Ich werde mir auch weiterhin Musik auf CD's kaufen.
Diesen Downloadkram mache ich nicht mit.
Leider gibt es immer weniger wirklich gute Musik uns so kaufe ich mir die Musik, die ich mir früher nicht gekauft habe.


----------



## MomentInTime (23. Dezember 2008)

BloodySuicide schrieb:


> Keine Macht der MP3!!!
> 
> Ich hab bis jetzt noch kein Shop gesehen, wo man Musik als FLAC oder ähnlichem kaufen kann. Es wird also immer die Musik CD geben...oder halt dann DVD. Musiker wären echt doof, wenn sie nurnoch komprimiertes Material verkaufen würden.

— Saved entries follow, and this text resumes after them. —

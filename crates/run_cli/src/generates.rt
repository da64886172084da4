// The command `generate`: a generated run, and its line.
ghost use Rattle.std.specs.Prelude.{◌≡◌, ◌≤◌};
ghost use Rattle.run_capture.specs.Bytes.{Takes};
ghost use Rattle.std.specs.Prelude.{OnErr, OnOk};
ghost use Rattle.run_cli.specs.Call.{TakesFront, writing_of};
ghost use Rattle.run_cli.specs.Generates.{EndsAtSummary, IsGenerateEnd, generated_line};
ghost use Rattle.run_cli.specs.Write.{CountsWrite};

use crate::ended::{Ended, end_at_fault, end_without_memory};
use crate::write::{WriteError, write_line};
use run_capture::Sink;
use run_generate::{GenerateError, Generated, generate};
use run_laws_generate::generated_runs_end;
use run_output::{Fault, summary_line};
use std::alloc::Global;

// Writes the line of a generated run.
fn write_summary<K: Sink>(
    alloc: Global,
    sink: &mut K,
    tests: u32,
    run: &Generated,
) -> Result<(), WriteError>
    ensures ok { OnOk result (Takes (K.taken sink.old) (K.taken sink.new) (generated_line tests run.now)) }
    ensures front { OnErr result (TakesFront (K.taken sink.old) (K.taken sink.new)
        (generated_line tests run.now)) }
    ensures counted { CountsWrite (K.faults sink.old) (K.faults sink.new) result }
{
    let line = summary_line(alloc, tests, run.events, run.outcome, &run.stats, run.turns)?;
    write_line(alloc, sink, line)
}

// Writes the line of a generated run that is over. A write that fails makes the outcome a fault.
fn end_at_summary<K: Sink>(alloc: Global, sink: K, tests: u32, run: Generated) -> Ended<K>
    ensures { EndsAtSummary (writing_of K.Sink sink result.sink) tests run result.ending }
{
    let mut sink = sink;
    match write_summary(alloc, &mut sink, tests, &run) {
        Ok(()) => Ended {
            ending: Ok(run.outcome),
            sink,
        },
        Err(WriteError::Failed) => Ended {
            ending: Err(Fault::Report),
            sink,
        },
        Err(WriteError::OutOfMemory) => end_without_memory(sink),
    }
}

/// Carries out a generated run of so many tests, and writes its line.
pub fn run_generated<K: Sink>(alloc: Global, tests: u32, sink: K) -> Ended<K>
    requires { tests ≤ 20000 }
    ensures { IsGenerateEnd tests (writing_of K.Sink sink result.sink) result.ending }
{
    match generate(alloc, tests) {
        Ok(run) => end_at_summary(alloc, sink, tests, run),
        Err(GenerateError::Unfinished) => {
            generated_runs_end();
            unreachable!()
        }
        Err(GenerateError::OutOfMemory) => end_at_fault(alloc, sink, &[], Fault::Memory),
    }
}
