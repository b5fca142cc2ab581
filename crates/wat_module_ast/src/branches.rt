//! Labels of `br_table`.
ghost use Rattle.std.specs.Prelude.{◌≡◌, IfOk};
ghost use Rattle.wat_module_ast.specs.Branches.{branches};

use std::alloc::{AllocError, AllocFailed, Global};
use std::marker::Model;

/// Label indices of a `br_table`: those of its table, and the default.
#[derive(Drop)]
struct Branches {
    labels: Vec<usize>,
    last: usize,
}

/// Boxed label indices of a `br_table`.
#[derive(Drop)]
pub struct BranchTable {
    inner: Box<Branches>,
}

impl Model for BranchTable {
    ghost use Rattle.wat_module_ast.specs.Branches.{Branches, branches};

    ghost Value = { Branches };

    ghost view = { λ t. branches t.inner.value.labels.items t.inner.value.last };
}

impl BranchTable {
    /// Boxes the label indices of a `br_table`. `last` is the default label.
    pub fn new(alloc: Global, labels: Vec<usize>, last: usize) -> Result<BranchTable, AllocError>
        ensures { IfOk result (λ table. table ≡ branches labels.items last) }
    {
        match Box::new(alloc, Branches { labels, last }) {
            Ok(inner) => Ok(BranchTable { inner }),
            Err(failed) => Err(AllocError::from(failed)),
        }
    }

    /// Returns the label indices of the table, without the default.
    pub fn labels(&self) -> &[usize]
        ensures { result.now ≡ self.now.labels }
    {
        &self.inner.labels
    }

    /// Returns the index of the default label.
    pub fn last(&self) -> usize
        ensures { result ≡ self.now.default }
    {
        self.inner.last
    }
}
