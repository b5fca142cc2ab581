//! Pairs of indices, for instructions with two.
ghost use Rattle.std.specs.Prelude.{◌≡◌, IfOk};

use std::alloc::{AllocError, AllocFailed, Global};
use std::marker::Model;

/// Two indices, in the order of the binary format.
#[derive(Clone, Copy)]
struct Indices {
    first: usize,
    second: usize,
}

/// Boxed pair of indices, in the order of the binary format.
#[derive(Drop)]
pub struct IndexPair {
    inner: Box<Indices>,
}

impl Model for IndexPair {
    ghost use Rattle.std.specs.Prelude.{ℕ};

    ghost Value = { ℕ × ℕ };

    ghost view = { λ p. (p.inner.value.first, p.inner.value.second) };
}

impl IndexPair {
    /// Boxes two indices. The binary format has `first` before `second`.
    pub fn new(alloc: Global, first: usize, second: usize) -> Result<IndexPair, AllocError>
        ensures { IfOk result (λ pair. pair ≡ (first, second)) }
    {
        match Box::new(alloc, Indices { first, second }) {
            Ok(inner) => Ok(IndexPair { inner }),
            Err(failed) => Err(AllocError::from(failed)),
        }
    }

    /// Returns the index that comes first in the binary format.
    pub fn first(&self) -> usize
        ensures { result ≡ self.now.0 }
    {
        self.inner.first
    }

    /// Returns the index that comes second in the binary format.
    pub fn second(&self) -> usize
        ensures { result ≡ self.now.1 }
    {
        self.inner.second
    }
}
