//! A list of function types with a search for the least index of a type.
ghost use Rattle.std.specs.Prelude.{◌≡◌, ◌<◌, ◌^◌, ◌++◌, ◌∷◌, [], IfOk, OnOk, map};
ghost use Rattle.wat_module_ast.specs.ImplicitTypes as implicit;
ghost use Rattle.wat_module_ast.specs.Indices.{AreIndices, found_type, type_key};
ghost use Rattle.wat_module_ast.specs.Types.{type_byte};
ghost use Rattle.wat_module_ast.specs.TypeViews.{type_of};

use crate::instruction::ValueType;
use crate::types::{FunctionType, copied, same_type, type_byte};
use std::alloc::{AllocError, Global};
use std::collections::BTreeMap;
use std::marker::Model;

/// Function types, in the order of their indices.
#[derive(Drop)]
pub struct IndexedTypes {
    /// Allocator of keys and of copied types.
    alloc: Global,
    /// The types.
    types: Vec<FunctionType>,
    /// The least index of each type, by its key (`type_key`).
    indices: BTreeMap<Vec<u8>, usize>,
}

impl Model for IndexedTypes {
    ghost use Rattle.std.specs.Prelude.{List, map};
    ghost use Rattle.wat_module_ast.specs.Indices.{AreIndices};
    ghost use Rattle.wat_module_ast.specs.Types.{FunctionType};
    ghost use Rattle.wat_module_ast.specs.TypeViews.{type_of};

    ghost Value = { List FunctionType };

    ghost view = { λ t. map type_of t.types.items };

    ghost invariant = { λ t. AreIndices t.indices (map type_of t.types.items) };
}

/// Number of types up to which the search is linear and does not allocate.
const FEW: usize = 32;

impl IndexedTypes {
    /// Returns an empty list of types. Does not allocate.
    pub(crate) fn none(alloc: Global) -> IndexedTypes
        ensures { result ≡ [] }
    {
        IndexedTypes {
            alloc,
            types: Vec::new(alloc),
            indices: BTreeMap::new(alloc),
        }
    }

    /// Returns the types, in the order of their indices.
    pub fn as_slice(&self) -> &[FunctionType]
        ensures { map type_of result.now ≡ self.now }
    {
        &self.types
    }

    /// Returns the types as a `Vec`, in the order of their indices.
    pub fn into_types(self) -> Vec<FunctionType>
        ensures { map type_of result.items ≡ self }
    {
        self.types
    }

    /// Returns the least index of a type, or `None` if it is not among the types. Allocates a key
    /// if there are more than `FEW` types.
    fn position(&self, of: &FunctionType) -> Result<Option<usize>, AllocError>
        ensures { IfOk result (λ i. i ≡ found_type (type_of of.now) self.now) }
    {
        if self.types.len() <= FEW {
            return Ok(first(&self.types, of));
        }
        let key = type_key(self.alloc, of)?;
        Ok(self.indices.get(&key).copied())
    }

    /// Returns the least index of a type, or the number of types if it is not among them.
    ///
    /// # Errors
    ///
    /// Returns an allocation failure, which is possible only with more than `FEW` types.
    pub fn index(&self, of: &FunctionType) -> Result<usize, AllocError>
        ensures is { IfOk result (λ i. i ≡ implicit.type_index (type_of of.now) self.now) }
        ensures small { IfOk result (λ i. i < 2 ^ 63) }
    {
        let position = self.position(of)?;
        Ok(position.unwrap_or(self.types.len()))
    }

    /// Appends a type, even if it is among the types already.
    pub(crate) fn push(&mut self, of: FunctionType) -> Result<(), AllocError>
        ensures { OnOk result (self.new ≡ self.old ++ type_of of ∷ []) }
    {
        let key = type_key(self.alloc, &of)?;
        let index = self.types.len();
        // Reserve first, so that no allocation fails after the index of the type is inserted.
        self.types.reserve(1)?;
        if self.indices.get(&key).is_none() {
            self.indices.insert(key, index)?;
        }
        self.types.push(of)?;
        Ok(())
    }

    /// Appends a copy of a type, unless it is among the types already.
    pub(crate) fn add(&mut self, of: &FunctionType) -> Result<(), AllocError>
        ensures { OnOk result (self.new ≡ implicit.with_type self.old (type_of of.now)) }
    {
        if self.position(of)?.is_none() {
            self.push(copied(self.alloc, of)?)?;
        }
        Ok(())
    }
}

/// Returns the index of the first of `types` that equals `of`.
fn first(types: &[FunctionType], of: &FunctionType) -> Option<usize>
    ensures { result ≡ found_type (type_of of.now) (map type_of types.now) }
{
    for (i, known) in types.iter().enumerate() {
        if same_type(known, of) {
            return Some(i);
        }
    }
    None
}

/// Separator of parameters and results in a key, a byte that does not encode any value type.
const KEY_SEPARATOR: u8 = 0x40;

/// Returns the key of a function type: the bytes of its parameters, `KEY_SEPARATOR`, and the bytes
/// of its results. Different types have different keys.
fn type_key(alloc: Global, of: &FunctionType) -> Result<Vec<u8>, AllocError>
    ensures { IfOk result (λ key. key.items ≡ type_key (type_of of.now)) }
{
    let mut key = Vec::new(alloc);
    push_values(&mut key, &of.params)?;
    key.push(KEY_SEPARATOR)?;
    push_values(&mut key, &of.results)?;
    Ok(key)
}

/// Appends the byte of each value type to a key.
fn push_values(key: &mut Vec<u8>, types: &[ValueType]) -> Result<(), AllocError>
    ensures { OnOk result (key.new.items ≡ key.old.items ++ map type_byte types.now) }
{
    for of in types {
        key.push(type_byte(*of))?;
    }
    Ok(())
}
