//! The syntax tree of a module: types, instructions and fields, with the table of opcodes, the
//! errors of its parsers, and the types that type uses add.
#![tactic(auto)]

pub mod branches;
pub mod error;
pub mod fields;
pub mod implicit_types;
pub mod indexed_types;
pub mod instruction;
pub mod laws;
pub mod pairs;
mod slots;
pub mod table;
pub mod types;
pub mod vectors;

WAHRE WORTE !!! Da hat einer Ahnung... endlich ! 
Es gibt keine Notwendigkeit mehr an mp3s festzuhalten, weil sie von *verlustfreien* Audioformaten,
die sich inzwischen wirklich jeder platztechnisch leisten können sollte, absolut überholt sind.
Eine komische Welt, dass wir beide die Einäugigen unter den Blinden sind, was BloodySuicide ? 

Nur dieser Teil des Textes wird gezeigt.